13-year-olds kill peers: this is how long the perpetrators must spend behind bars!

By Johannes Neudecker

Handan (China) - In March, the killing of a schoolboy by his peers shakes the entire country. A court reaches its first verdict. The judges resorted to a special ruling.

The 13-year-old victim was discovered dead in a greenhouse.
The 13-year-old victim was discovered dead in a greenhouse.  © Bildmontage/Screenshot/Weibo/澎湃新闻

A 13-year-old boy was sentenced to life imprisonment for the premeditated murder of a peer. An accomplice, also 13 years old, must serve twelve years behind bars, as Chinese state television reported, citing the court in the northern Chinese city of Handan.

The judges acquitted a third accused boy (13), but ordered special education for him.

The case had caused great consternation in China in March 2024. Police had discovered the victim buried in an abandoned greenhouse near Handan, a city with over a million inhabitants in the south of Hebei province.

The boy, who had been sentenced to special education, had led the officers there.

Deed previously planned

One perpetrator must spend life behind bars, another twelve years in prison. (symbolic image)
One perpetrator must spend life behind bars, another twelve years in prison. (symbolic image)  © Johannes Neudecker/dpa

According to the court, the other two convicts had an argument with the victim and conspired to kill the student and divide his money among themselves, as reported by state television.

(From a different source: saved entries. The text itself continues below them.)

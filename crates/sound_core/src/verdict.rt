// What a page says to what was asked.
ghost use Rattle.std.specs.Prelude.{◌≡◌};
ghost use Rattle.sound_core.specs.Plan.{verdict_by};

use crate::state::{Counts, Stage};
use records::{ChannelMap, JackInfo, PcmInfo};
use tables::{Verdict, Written, judge};

// A command's answer has a status and nothing more.
pub fn verdict_by(w: Written, stage: Stage, n: Counts, page: &[u8]) -> Verdict
    ensures { result ≡ verdict_by w stage n page.now }
{
    match stage {
        Stage::JacksAsked(_) => judge(w, page, n.jacks, JackInfo::SIZE as u32),
        Stage::StreamsAsked(_) => judge(w, page, n.streams, PcmInfo::SIZE as u32),
        Stage::MapsAsked(_) => judge(w, page, n.maps, ChannelMap::SIZE as u32),
        Stage::Idle | Stage::Sent(_) => judge(w, page, 0, 0),
    }
}
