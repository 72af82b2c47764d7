// The consistency test of a state, on its core: what calls leave never fails it.
//
// Tests are put together as values, so that what uses them has no branch.
ghost use Rattle.std.specs.Prelude.{◌≡◌, ◌&&◌, ◌||◌, nat_lt};
ghost use Rattle.codes.specs.Says.{pick};
ghost use Rattle.sound_core.specs.Consistent.{period_ok, numbers_ok, call_ok, held_to, sent_ok, stage_ok, queries_answered, exactly, none_or_all, tables_ok, both_or_neither, consistent_of, params_ok, stream_ok};

use crate::state::{Call, Core, Counts, Params, Stage};
use codes::both;

fn either(a: bool, b: bool) -> bool
    ensures { result ≡ (a || b) }
{
    if a { true } else { b }
}

fn choose(t: bool, a: bool, b: bool) -> bool
    ensures { result ≡ pick t a b }
{
    if t { a } else { b }
}

fn both_or_neither(a: bool, b: bool) -> bool
    ensures { result ≡ both_or_neither a b }
{
    if a { b } else { !b }
}

// A test that is made under the guard alone.
pub(crate) fn held_to(guard: bool, test: bool) -> bool
    ensures { result ≡ held_to guard test }
{
    if guard { test } else { true }
}

// The period rule.
pub(crate) fn period_ok(buffer: u32, period: u32) -> bool
    ensures { result ≡ period_ok buffer period }
{
    if period == 0 {
        return false;
    }
    both(period <= buffer, buffer % period == 0)
}

// Format and rate are numbers of the standard.
pub(crate) fn numbers_ok(p: Params) -> bool
    ensures { result ≡ numbers_ok p }
{
    both(p.format <= 24, p.rate <= 13)
}

// A call that may wait for set-up.
pub(crate) fn call_ok(call: Call) -> bool
    ensures { result ≡ call_ok call }
{
    match call {
        Call::SetParams { to, .. } => numbers_ok(to),
        _ => true,
    }
}

fn set_ok(stream: u32, to: Params, streams: u32) -> bool
    ensures { result ≡ (numbers_ok to && (period_ok to.buffer to.period && nat_lt stream streams)) }
{
    let period = period_ok(to.buffer, to.period);
    both(numbers_ok(to), both(period, stream < streams))
}

// A call whose own request is out.
fn sent_ok(guard: bool, call: Call, streams: u32) -> bool
    ensures { result ≡ sent_ok guard call streams }
{
    match call {
        Call::SetParams { stream, to } => set_ok(stream, to, streams),
        Call::Command { stream, .. } => held_to(guard, stream < streams),
        Call::Remap { .. } => true,
        _ => false,
    }
}

fn stage_ok(guard: bool, g: Stage, streams: u32) -> bool
    ensures { result ≡ stage_ok guard g streams }
{
    match g {
        Stage::Idle => true,
        Stage::JacksAsked(call) | Stage::StreamsAsked(call) | Stage::MapsAsked(call) => {
            call_ok(call)
        }
        Stage::Sent(call) => sent_ok(guard, call, streams),
    }
}

// How many of the three queries are behind.
fn queries_answered(g: Stage, ready: bool) -> u32
    ensures { result ≡ queries_answered g ready }
{
    match g {
        Stage::Idle => if ready { 3 } else { 0 },
        Stage::JacksAsked(_) => 0,
        Stage::StreamsAsked(_) => 1,
        Stage::MapsAsked(_) => 2,
        Stage::Sent(_) => 3,
    }
}

// A table of as many records as configured, where a page holds that many.
fn is_exactly(read: u32, configured: u32, most: u32) -> bool
    ensures { result ≡ exactly read configured most }
{
    both(read == configured, read <= most)
}

// The same, or an empty one.
fn none_or_all(read: u32, configured: u32, most: u32) -> bool
    ensures { result ≡ none_or_all read configured most }
{
    either(read == 0, is_exactly(read, configured, most))
}

fn tables_ok(read: Counts, counts: Counts, n: u32) -> bool
    ensures { result ≡ tables_ok read counts n }
{
    let jacks = none_or_all(read.jacks, counts.jacks, 170);
    let streams = is_exactly(read.streams, counts.streams, 127);
    let maps = none_or_all(read.maps, counts.maps, 170);
    let j = choose(1 <= n, jacks, read.jacks == 0);
    let s = choose(2 <= n, streams, read.streams == 0);
    let m = choose(3 <= n, maps, read.maps == 0);
    both(j, both(s, m))
}

// The test that every call and feed makes.
pub fn consistent(c: Core) -> bool
    ensures { result ≡ consistent_of c }
{
    let stage = c.stage;
    let n = queries_answered(stage, c.ready);
    let done = both_or_neither(c.ready, n == 3);
    let tables = tables_ok(c.read, c.counts, n);
    both(done, both(tables, stage_ok(c.guard, stage, c.read.streams)))
}

// Parameters that are set pass the period rule, and their numbers are in range.
pub fn params_ok(p: Params) -> bool
    ensures { result ≡ params_ok p }
{
    let set = both(numbers_ok(p), period_ok(p.buffer, p.period));
    either(p.known == 0, set)
}

// The test that the start of a transfer makes besides, of its own stream's parameters.
pub fn stream_ok(c: Core, stream: u32, p: Params) -> bool
    ensures { result ≡ stream_ok c p stream }
{
    let looked = both(c.ready, stream < c.counts.streams);
    either(!looked, params_ok(p))
}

They are said to have lured the boy into the greenhouse, where he was killed with a shovel by one of the perpetrators with the help of the second. The third boy was initially present but then left the greenhouse. The police arrested all three boys a day later.

The court considered the circumstances of the crime to be particularly cruel. Due to a special paragraph in the Chinese penal code, two of the boys could be prosecuted even though they were under 14 years old at the time of the crime.

This would be different in Germany, where all children under the age of 14 are not yet criminally liable.